The lymphoma cells can spread through the lymphatic system to various parts of the body. They may affect lymph nodes throughout the body, the spleen, liver, bone marrow, and even organs like the lungs, digestive tract, or brain. As they grow and multiply, these abnormal cells crowd out normal cells and disrupt organ function. They may also form masses that press on nearby structures, causing pain, obstruction, or other mechanical problems[9].
The body’s production of normal blood cells can be affected as well. Laboratory tests may show abnormally low counts of various blood cells, including white blood cells, red blood cells, and platelets. The rapid breakdown of tumor cells can release substances into the bloodstream, potentially causing what’s called tumor lysis syndrome, where uric acid and other byproducts reach dangerous levels while calcium drops too low[9].

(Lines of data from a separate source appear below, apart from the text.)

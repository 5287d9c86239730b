//! The rules of join keys: as many for each item, and of one kind at each place.
ghost use Rattle.std.specs.Prelude.{◌≡◌, ◌++◌, ◌≤◌, [], length, OnOk};
ghost use Rattle.eql_check.specs.Kinds.{kind_at};
ghost use Rattle.eql_check.specs.Conditions.{own_count as own_count_of};
ghost use Rattle.eql_check.specs.Rules as rules_of;
ghost use Rattle.eql_check.specs.Rules.{counts_broken, kinds_broken, key_kinds, settled_kinds};
ghost use Rattle.eql_check.specs.Answers.{Judges};
ghost use Rattle.eql_check.specs.Entries.{terms_in};

use crate::kinds::alike;
use crate::mapping::Mapping;
use crate::refused::CheckRefused;
use eql_query::{FieldRef, Term};
use eql_values::{Kind, Memory};
use std::alloc::Global;

/// How many keys of its own the first item has.
fn own_count(items: &[&Term]) -> usize
    ensures { result ≡ own_count_of (terms_in items.now) }
{
    match items {
        [] => 0,
        [first, ..] => first.by.items().len(),
    }
}

/// Each item has as many keys as the first.
pub(crate) fn check_counts(items: &[&Term]) -> Result<(), CheckRefused>
    requires { length items.now ≤ 4294967295 }
    ensures { Judges result
        (counts_broken (own_count_of (terms_in items.now)) 1 (terms_in items.now)) }
{
    let count = own_count(items);
    for (index, item) in items.iter().enumerate() {
        if item.by.items().len() != count {
            return Err(CheckRefused::KeyCount {
                item: index as u32 + 1,
            });
        }
    }
    Ok(())
}

/// Whether keys have the kinds that are settled by the items before, place by place.
fn fit(mapping: &Mapping, before: &[Option<Kind>], keys: &[FieldRef]) -> bool
    ensures { result ≡ rules_of.fit before.now (key_kinds (kind_at mapping.now) keys.now) }
{
    for (settled, key) in before.iter().zip(keys.iter()) {
        if !alike(*settled, mapping.kind(&key.name)) {
            return false;
        }
    }
    true
}

/// Settles the kinds of keys at the places where none is settled yet.
fn settle(mapping: &Mapping, keys: &[FieldRef], kinds: &mut Vec<Option<Kind>>) -> Result<(), Memory>
    ensures { OnOk result (kinds.new.items
        ≡ settled_kinds kinds.old.items (key_kinds (kind_at mapping.now) keys.now)) }
{
    for (place, key) in keys.iter().enumerate() {
        let kind = mapping.kind(&key.name);
        if place == kinds.len() {
            kinds.push(kind)?;
        } else if kinds[place].is_none() {
            kinds[place] = kind;
        }
    }
    Ok(())
}

/// At each place all keys that aren't always null are of one kind.
pub(crate) fn check_kinds(
    alloc: Global,
    mapping: &Mapping,
    items: &[&Term],
) -> Result<(), CheckRefused>
    requires { length items.now ≤ 4294967295 }
    ensures { Judges result (kinds_broken (kind_at mapping.now) [] 1 (terms_in items.now)) }
{
    let mut before = Vec::new(alloc);
    for (index, item) in items.iter().enumerate() {
        let keys = item.by.items();
        if !fit(mapping, &before, keys) {
            return Err(CheckRefused::KeyKind {
                item: index as u32 + 1,
            });
        }
        settle(mapping, keys, &mut before)?;
    }
    Ok(())
}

There are four main types of PTLD based on how far this disease progression has gone. Early lesion PTLD involves excessive division of lymphocytes without clear cancer characteristics. Polymorphic PTLD shows a mix of lymphoma cells alongside normal immune cells. Monomorphic PTLD, the most common form, displays cells that clearly look like aggressive lymphoma. Finally, there’s a rare form that resembles classic Hodgkin lymphoma[2].
Approximately 60% to 80% of PTLD cases show evidence of active EBV infection in the proliferating cells, confirming the virus’s role in driving the disease. However, EBV-negative cases occur in about 23% of patients, particularly in those developing PTLD many years after transplant, suggesting other mechanisms may also contribute to disease development in some individuals[16].